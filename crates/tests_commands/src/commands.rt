//! Tests without faults, and commands that are refused.
use crate::reports::{HEADER, PRICE_END, PRICE_GET, PRICE_PLAN};
use crate::running::{BEFORE, Case, carried_out, ends_so, is_refused, is_usage};
use crate::texts::{FAULTS, FMT, PRICE, PRICE_TEST, TEST};
use fb_cli::{Status, exit_code};
use std::alloc::AllocError;
use std::io;
use std::test::Fail;

const FAILED_END: &str =
    r#"{"cause":"completed","failed":1,"invs":1,"kind":"end","plans":1,"pruned":0,"run":1,"stopped":null}
"#;

const COMPLETED: &str = "completed plans 1 run 1 pruned 0 failed 0 invs 1\n";

const FAILED: &str = "completed plans 1 run 1 pruned 0 failed 1 invs 1\nfirst failed plan 0\n";

#[test]
fn a_process_without_words_has_a_code(rt: HostRuntime) {
    let no_text = io::Error::from(io::ErrorKind::InvalidData);
    assert_eq!(rt; exit_code(&Err(no_text)), 11);
    assert_eq!(rt; exit_code(&Err(io::Error::from(AllocError))), 9);
    assert_eq!(rt; exit_code(&Ok(Status::Failures)), 1);
}

/// The first run takes four units of fuel.
const RUNS: &[Case] = &[
    Case {
        words: &[TEST],
        sources: &[PRICE, PRICE_TEST],
        code: 0,
        text: COMPLETED,
        report: &[HEADER, PRICE_GET, PRICE_PLAN, PRICE_END],
    },
    Case {
        words: &[TEST, &["--fuel=4"]],
        sources: &[PRICE, PRICE_TEST],
        code: 0,
        text: COMPLETED,
        report: &[
            r#"{"fuel":4,"kind":"header","reduction":true,"version":1}
"#,
            PRICE_GET,
            PRICE_PLAN,
            PRICE_END,
        ],
    },
    Case {
        words: &[TEST, &["--fuel=3"]],
        sources: &[PRICE, PRICE_TEST],
        code: 6,
        text: "fuel spent at none\n",
        report: &[
            r#"{"fuel":3,"kind":"header","reduction":true,"version":1}
{"cause":"fuel","failed":0,"invs":0,"kind":"end","plans":0,"pruned":0,"run":0,"stopped":"none"}
"#,
        ],
    },
    // A false assertion.
    Case {
        words: &[TEST],
        sources: &[
            PRICE,
            b"test one { let r = 0; call r = price.get(2); assert r == 21; }",
        ],
        code: 1,
        text: FAILED,
        report: &[
            HEADER,
            PRICE_GET,
            r#"{"code":null,"id":0,"index":null,"kind":"plan","outcome":"assert_failed 1","parent":null,"run":true,"uses":[0]}
"#,
            FAILED_END,
        ],
    },
    // An overflow that isn't handled.
    Case {
        words: &[TEST],
        sources: &[
            PRICE,
            b"test one { let r = 0; call r = price.get(9223372036854775807); assert r == 20; }",
        ],
        code: 1,
        text: FAILED,
        report: &[
            HEADER,
            r#"{"args":[9223372036854775807],"calls":[],"id":0,"kind":"inv","method":"price.get","plan":0,"reply":{"err":"internal"},"steps":1}
{"code":null,"id":0,"index":null,"kind":"plan","outcome":"call_failed 1 internal","parent":null,"run":true,"uses":[0]}
"#,
            FAILED_END,
        ],
    },
];

#[test]
fn tests_are_run_and_reported(rt: HostRuntime) -> Result<(), Fail> {
    for case in RUNS {
        assert!(rt; ends_so(rt.alloc(), case)?, "{}", case.text);
    }
    Ok(())
}

/// Services, a test of them that passes, and what is told.
const PASSED: &[(&[u8], &[u8], &str)] = &[
    (
        PRICE,
        b"test t { assert 1 + 1 == 2; }",
        "completed plans 1 run 1 pruned 0 failed 0 invs 0\n",
    ),
    (
        b"service big { method next(n: int) -> int { return n + 1; } } service top { method ask(n: int) -> int { let v = 0; call v = big.next(n) on internal { v = 7; } return v; } }",
        b"test e { let r = 0; call r = top.ask(9223372036854775807); assert r == 7; }",
        "completed plans 1 run 1 pruned 0 failed 0 invs 2\n",
    ),
    (
        b"service w { method big(n: int) -> int { let t = \"\"; repeat 16 { t = t ++ t ++ \"a\"; } if n > 0 { t = t ++ \"a\"; } return len(t); } }",
        b"test f { let r = 0; call r = w.big(0); assert r == 65535; call r = w.big(1) on internal { r = 1; } assert r == 1; }",
        "completed plans 1 run 1 pruned 0 failed 0 invs 2\n",
    ),
    (
        b"service sum { method all(xs: list<int>) -> int { let t = 0; for x in xs { t = t + x; } return t; } }",
        b"test i { let r = 0; call r = sum.all(list<int>[1, 2, 3]); assert r == 6; assert len(list<text>[]) == 0; }",
        COMPLETED,
    ),
];

#[test]
fn every_accepted_program_is_run(rt: HostRuntime) -> Result<(), Fail> {
    for (services, test, text) in PASSED {
        let done = carried_out(rt.alloc(), &[TEST], &[*services, *test], &[], false)?;
        assert!(rt; done.tells(0, text), "{text}");
    }
    Ok(())
}

/// Services that no grammar reads, and what is told.
const NOT_SPELLED: &[(&[u8], &str)] = &[
    (b"service Price {}", "refused services BadToken 8\n"),
    (b"service 9", "refused services Unexpected 8\n"),
    (b"service", "refused services Unexpected 7\n"),
    (
        b"service a { method m() -> int { return ((((((((((((((((((((((((((((((((((((((((",
        "refused services TooDeep 71\n",
    ),
    (b"service a {\xff", "refused services NotText 11\n"),
];

#[test]
fn services_are_refused_at_their_first_fault(rt: HostRuntime) -> Result<(), Fail> {
    for (services, text) in NOT_SPELLED {
        for words in [TEST, FMT] {
            assert!(rt;
                is_refused(rt.alloc(), &[words], &[*services, PRICE_TEST], text)?,
                "{text}"
            );
        }
    }
    Ok(())
}

/// Services and a test of which one breaks a rule, and what is told.
const NOT_ACCEPTED: &[(&[u8], &[u8], &str)] = &[
    (
        b"service price {}",
        b"test one { repeat 1001 {} }",
        "refused test TooMany 18\n",
    ),
    (
        b"service a {} service a {}",
        b"test",
        "refused services DuplicateName 2.0.0\n",
    ),
    (
        b"service price {}",
        PRICE_TEST,
        "refused test UnknownCallee 0.0.2\n",
    ),
    (
        b"service a { method m() -> int { let x = 0; call x = b.m(); return x; } } service b { method m() -> int { let x = 0; call x = a.m(); return x; } }",
        PRICE_TEST,
        "refused services Cycle 1.1.0 a.m b.m\n",
    ),
];

#[test]
fn a_program_is_refused_at_the_first_rule_that_it_breaks(rt: HostRuntime) -> Result<(), Fail> {
    for (services, test, text) in NOT_ACCEPTED {
        assert!(rt;
            is_refused(rt.alloc(), &[TEST], &[*services, *test], text)?,
            "{text}"
        );
    }
    Ok(())
}

#[test]
fn an_input_over_its_limit_is_too_long(rt: HostRuntime) -> Result<(), Fail> {
    let alloc = rt.alloc();
    let services = vec![in alloc; b' '; 1_048_577]?;
    for words in [TEST, FMT] {
        let sources = [services.as_slice(), PRICE_TEST];
        let text = "refused services TooLong\n";
        assert!(rt; is_refused(alloc, &[words], &sources, text)?);
    }
    let test = vec![in alloc; b' '; 262_145]?;
    assert!(rt; is_refused(alloc, &[TEST], &[PRICE, &test], "refused test TooLong\n")?);
    Ok(())
}

/// Inputs as the report's file, and what is told.
const SAME_NAMES: &[(&str, &str)] = &[
    ("s.fb", "same name s.fb\n"),
    ("t.fb", "same name t.fb\n"),
    ("f.toml", "same name f.toml\n"),
];

#[test]
fn a_report_with_the_name_of_an_input_is_refused(rt: HostRuntime) -> Result<(), Fail> {
    for (name, text) in SAME_NAMES {
        let words: [&[&str]; 3] = [
            &["test", "--services", "s.fb", "--test", "t.fb"],
            FAULTS,
            &["--report", name],
        ];
        let done = carried_out(rt.alloc(), &words, &[PRICE, PRICE_TEST, b""], &[], false)?;
        assert!(rt; done.tells(2, text) && done.leaves(&[BEFORE]), "{name}");
        assert_eq!(rt; done.loads, 0);
    }
    Ok(())
}

/// Words that say no job.
const NO_JOBS: &[&[&str]] = &[
    &[],
    &["print", "--services", "s.fb"],
    &["--services", "s.fb"],
    &["fmt"],
    &["fmt", "s.fb"],
    &["fmt", "--services"],
    &["fmt", "--test", "s.fb"],
    &["fmt", "--services", "s.fb", "t.fb"],
    &["fmt", "--services", "s.fb", "--services", "s.fb"],
    &["fmt", "--services", "s.fb", "--help"],
    &["fmt", "--services", "s.fb", "--budget=1"],
    &["test", "--services", "s.fb", "--test", "t.fb"],
    &["test", "--services", "s.fb", "--report", "r.jsonl"],
    &["test", "--test", "t.fb", "--report", "r.jsonl"],
    &["check"],
];

/// Words that `test` doesn't take beside those that it needs.
const NO_OPTIONS: &[&[&str]] = &[
    &["f.toml"],
    &["--faults"],
    &["--faults=f.toml", "--faults=f.toml"],
    &["--no-reduction", "--no-reduction"],
    &["--no-reduction=true"],
    &["--reduction"],
    &["--fuel=0"],
    &["--fuel=1000001"],
    &["--budget"],
    &["--budget="],
    &["--budget=1", "--budget=1"],
    &["--budget=1000001"],
    &["--budget=-1"],
    &["--budget=+5"],
    &["--budget= 5"],
    &["--budget=5 "],
    &["--budget=0x5"],
    &["--budget=five"],
    &["--budget=1000000000000000000000000000000000000000"],
];

#[test]
fn words_that_say_no_job_are_refused(rt: HostRuntime) -> Result<(), Fail> {
    for words in NO_JOBS {
        assert!(rt; is_usage(rt.alloc(), &[*words])?);
    }
    for words in NO_OPTIONS {
        assert!(rt; is_usage(rt.alloc(), &[TEST, *words])?);
    }
    Ok(())
}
- - -
[Your objective] Where a line of the records contains the word "stopped", copy that line.

[Completed exercise]
    r#"{"cause":"completed","failed":1,"invs":1,"kind":"end","plans":1,"pruned":0,"run":1,"stopped":null}
{"cause":"fuel","failed":0,"invs":0,"kind":"end","plans":0,"pruned":0,"run":0,"stopped":"none"}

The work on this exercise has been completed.